(What is needed) Transcribe, without any alteration, only the lines that begin at the line containing "return name_in(&rec).put(dst, 0);" and run to the last line below.

(Saved data entries)
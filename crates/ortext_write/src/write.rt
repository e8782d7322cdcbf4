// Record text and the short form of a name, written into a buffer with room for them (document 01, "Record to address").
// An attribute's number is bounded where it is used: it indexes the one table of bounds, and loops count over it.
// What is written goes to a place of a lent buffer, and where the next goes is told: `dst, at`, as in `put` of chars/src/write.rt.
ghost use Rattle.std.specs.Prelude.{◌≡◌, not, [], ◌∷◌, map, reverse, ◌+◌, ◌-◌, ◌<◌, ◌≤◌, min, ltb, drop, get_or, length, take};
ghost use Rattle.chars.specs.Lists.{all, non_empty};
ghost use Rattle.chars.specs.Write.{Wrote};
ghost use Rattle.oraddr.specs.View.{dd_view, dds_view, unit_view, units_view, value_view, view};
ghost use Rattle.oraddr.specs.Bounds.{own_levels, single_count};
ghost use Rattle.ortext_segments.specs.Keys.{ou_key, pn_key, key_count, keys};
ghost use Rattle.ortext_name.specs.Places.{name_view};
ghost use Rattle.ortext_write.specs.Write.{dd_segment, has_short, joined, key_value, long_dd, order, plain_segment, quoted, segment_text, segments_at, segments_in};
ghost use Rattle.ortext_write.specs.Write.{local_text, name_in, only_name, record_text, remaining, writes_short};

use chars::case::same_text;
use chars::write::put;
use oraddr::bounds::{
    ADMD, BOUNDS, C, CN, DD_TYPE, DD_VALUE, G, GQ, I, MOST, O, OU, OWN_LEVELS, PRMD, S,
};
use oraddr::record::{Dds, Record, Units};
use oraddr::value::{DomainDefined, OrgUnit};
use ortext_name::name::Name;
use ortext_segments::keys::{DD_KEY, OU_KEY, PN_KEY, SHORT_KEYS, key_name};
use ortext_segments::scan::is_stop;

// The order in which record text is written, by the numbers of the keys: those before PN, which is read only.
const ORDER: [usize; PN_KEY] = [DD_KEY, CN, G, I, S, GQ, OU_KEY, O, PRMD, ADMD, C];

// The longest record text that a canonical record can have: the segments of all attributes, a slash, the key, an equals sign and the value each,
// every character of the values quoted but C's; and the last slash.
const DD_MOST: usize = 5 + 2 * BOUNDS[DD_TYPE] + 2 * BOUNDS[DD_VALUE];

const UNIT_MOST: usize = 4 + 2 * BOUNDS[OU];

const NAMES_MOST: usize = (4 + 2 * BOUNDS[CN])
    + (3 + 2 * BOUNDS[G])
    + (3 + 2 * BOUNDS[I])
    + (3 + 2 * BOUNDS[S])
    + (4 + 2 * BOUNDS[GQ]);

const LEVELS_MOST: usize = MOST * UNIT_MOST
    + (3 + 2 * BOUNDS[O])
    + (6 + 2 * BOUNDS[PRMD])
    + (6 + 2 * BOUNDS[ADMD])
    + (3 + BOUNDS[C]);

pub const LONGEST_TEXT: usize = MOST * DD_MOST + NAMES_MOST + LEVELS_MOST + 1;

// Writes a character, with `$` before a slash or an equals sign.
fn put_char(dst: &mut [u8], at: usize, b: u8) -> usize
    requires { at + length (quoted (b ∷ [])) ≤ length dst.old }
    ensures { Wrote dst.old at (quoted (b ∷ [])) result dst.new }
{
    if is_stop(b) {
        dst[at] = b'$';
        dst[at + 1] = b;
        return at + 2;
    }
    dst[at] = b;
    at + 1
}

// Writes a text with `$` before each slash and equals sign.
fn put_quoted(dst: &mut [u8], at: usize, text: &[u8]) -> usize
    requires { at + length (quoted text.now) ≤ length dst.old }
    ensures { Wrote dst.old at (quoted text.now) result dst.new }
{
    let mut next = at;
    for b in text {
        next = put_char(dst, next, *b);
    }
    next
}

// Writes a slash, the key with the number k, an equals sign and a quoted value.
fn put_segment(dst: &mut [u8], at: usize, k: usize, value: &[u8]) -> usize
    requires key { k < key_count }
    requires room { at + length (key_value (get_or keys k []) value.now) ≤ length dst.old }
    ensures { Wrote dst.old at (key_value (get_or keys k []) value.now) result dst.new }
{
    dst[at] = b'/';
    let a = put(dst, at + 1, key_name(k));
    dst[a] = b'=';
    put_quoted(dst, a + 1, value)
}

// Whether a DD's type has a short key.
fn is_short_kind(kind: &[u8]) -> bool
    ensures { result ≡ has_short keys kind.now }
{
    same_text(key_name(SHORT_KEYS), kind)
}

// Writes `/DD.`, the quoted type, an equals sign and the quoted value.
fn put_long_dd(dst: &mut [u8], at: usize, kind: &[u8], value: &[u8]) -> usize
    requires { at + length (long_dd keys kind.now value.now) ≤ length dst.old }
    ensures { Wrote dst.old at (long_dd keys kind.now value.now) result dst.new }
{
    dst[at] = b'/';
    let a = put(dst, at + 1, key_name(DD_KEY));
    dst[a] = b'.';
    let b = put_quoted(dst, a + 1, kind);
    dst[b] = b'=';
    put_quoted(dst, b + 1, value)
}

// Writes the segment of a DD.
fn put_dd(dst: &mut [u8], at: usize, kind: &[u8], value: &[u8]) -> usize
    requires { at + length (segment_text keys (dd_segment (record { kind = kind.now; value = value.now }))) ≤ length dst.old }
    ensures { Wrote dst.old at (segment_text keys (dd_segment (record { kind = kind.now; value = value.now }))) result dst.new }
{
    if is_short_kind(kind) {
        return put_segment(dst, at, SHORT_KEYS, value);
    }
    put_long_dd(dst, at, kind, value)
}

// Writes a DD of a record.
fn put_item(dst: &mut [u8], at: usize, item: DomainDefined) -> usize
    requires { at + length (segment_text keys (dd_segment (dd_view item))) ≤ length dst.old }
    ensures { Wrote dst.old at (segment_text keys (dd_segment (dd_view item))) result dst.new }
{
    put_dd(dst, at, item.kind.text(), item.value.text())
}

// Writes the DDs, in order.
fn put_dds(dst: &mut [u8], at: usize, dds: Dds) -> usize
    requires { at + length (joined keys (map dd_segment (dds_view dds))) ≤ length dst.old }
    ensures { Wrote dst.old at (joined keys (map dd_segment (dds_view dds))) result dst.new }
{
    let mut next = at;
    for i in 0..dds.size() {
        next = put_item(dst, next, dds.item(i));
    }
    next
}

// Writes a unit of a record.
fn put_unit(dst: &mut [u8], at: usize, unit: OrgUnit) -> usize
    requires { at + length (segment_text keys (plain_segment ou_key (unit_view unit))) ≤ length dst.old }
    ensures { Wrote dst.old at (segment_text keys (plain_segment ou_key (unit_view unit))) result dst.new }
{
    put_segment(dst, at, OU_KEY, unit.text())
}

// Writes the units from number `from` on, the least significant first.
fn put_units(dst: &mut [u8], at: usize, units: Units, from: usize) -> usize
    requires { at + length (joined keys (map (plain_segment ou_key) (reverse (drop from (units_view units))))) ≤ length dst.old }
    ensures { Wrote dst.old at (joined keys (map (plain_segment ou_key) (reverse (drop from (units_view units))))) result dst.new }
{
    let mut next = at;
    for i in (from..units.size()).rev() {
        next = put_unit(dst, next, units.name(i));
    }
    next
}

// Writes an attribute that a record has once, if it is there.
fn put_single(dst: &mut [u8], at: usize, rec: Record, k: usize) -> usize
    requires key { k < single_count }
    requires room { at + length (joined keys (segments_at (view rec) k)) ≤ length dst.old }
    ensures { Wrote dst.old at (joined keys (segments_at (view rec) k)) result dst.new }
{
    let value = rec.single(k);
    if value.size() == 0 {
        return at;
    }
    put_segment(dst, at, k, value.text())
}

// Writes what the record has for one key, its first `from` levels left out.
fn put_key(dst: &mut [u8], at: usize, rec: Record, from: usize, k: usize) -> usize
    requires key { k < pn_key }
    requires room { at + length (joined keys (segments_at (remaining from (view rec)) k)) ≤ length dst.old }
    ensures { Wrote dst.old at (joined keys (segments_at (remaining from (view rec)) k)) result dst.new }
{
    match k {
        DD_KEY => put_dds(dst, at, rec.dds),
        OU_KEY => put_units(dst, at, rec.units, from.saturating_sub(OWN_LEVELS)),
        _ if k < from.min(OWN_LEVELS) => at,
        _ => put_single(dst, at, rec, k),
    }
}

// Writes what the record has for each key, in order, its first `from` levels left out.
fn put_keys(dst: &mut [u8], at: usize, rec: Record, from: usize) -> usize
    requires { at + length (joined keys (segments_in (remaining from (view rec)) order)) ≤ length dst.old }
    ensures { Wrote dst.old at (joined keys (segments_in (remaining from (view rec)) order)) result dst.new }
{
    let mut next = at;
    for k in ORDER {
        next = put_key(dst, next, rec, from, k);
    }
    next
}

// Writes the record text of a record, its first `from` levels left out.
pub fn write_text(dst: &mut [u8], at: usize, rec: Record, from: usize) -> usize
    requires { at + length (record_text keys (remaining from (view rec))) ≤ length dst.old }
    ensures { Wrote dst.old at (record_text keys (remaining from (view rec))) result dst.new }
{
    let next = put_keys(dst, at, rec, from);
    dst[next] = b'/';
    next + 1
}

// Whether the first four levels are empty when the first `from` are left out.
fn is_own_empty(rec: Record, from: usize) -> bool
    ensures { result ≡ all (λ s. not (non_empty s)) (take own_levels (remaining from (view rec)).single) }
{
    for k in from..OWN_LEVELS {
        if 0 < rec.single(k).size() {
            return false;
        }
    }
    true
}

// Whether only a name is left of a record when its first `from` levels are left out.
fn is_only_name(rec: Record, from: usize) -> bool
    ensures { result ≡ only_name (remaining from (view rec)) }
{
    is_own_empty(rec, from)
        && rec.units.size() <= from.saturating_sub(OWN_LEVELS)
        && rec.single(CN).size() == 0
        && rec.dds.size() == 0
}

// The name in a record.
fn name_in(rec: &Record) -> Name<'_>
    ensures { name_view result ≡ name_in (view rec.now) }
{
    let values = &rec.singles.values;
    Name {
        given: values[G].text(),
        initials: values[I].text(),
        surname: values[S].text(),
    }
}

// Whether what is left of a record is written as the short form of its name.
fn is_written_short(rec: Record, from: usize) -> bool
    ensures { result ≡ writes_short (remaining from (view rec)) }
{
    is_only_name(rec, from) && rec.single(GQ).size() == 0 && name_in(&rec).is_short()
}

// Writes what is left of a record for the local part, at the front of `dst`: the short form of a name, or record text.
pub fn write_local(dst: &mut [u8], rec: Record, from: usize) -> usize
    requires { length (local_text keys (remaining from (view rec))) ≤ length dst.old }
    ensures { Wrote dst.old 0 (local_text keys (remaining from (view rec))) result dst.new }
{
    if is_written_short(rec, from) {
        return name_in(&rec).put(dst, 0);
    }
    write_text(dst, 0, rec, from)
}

(Solution to the exercise)
        return name_in(&rec).put(dst, 0);
    }
    write_text(dst, 0, rec, from)
}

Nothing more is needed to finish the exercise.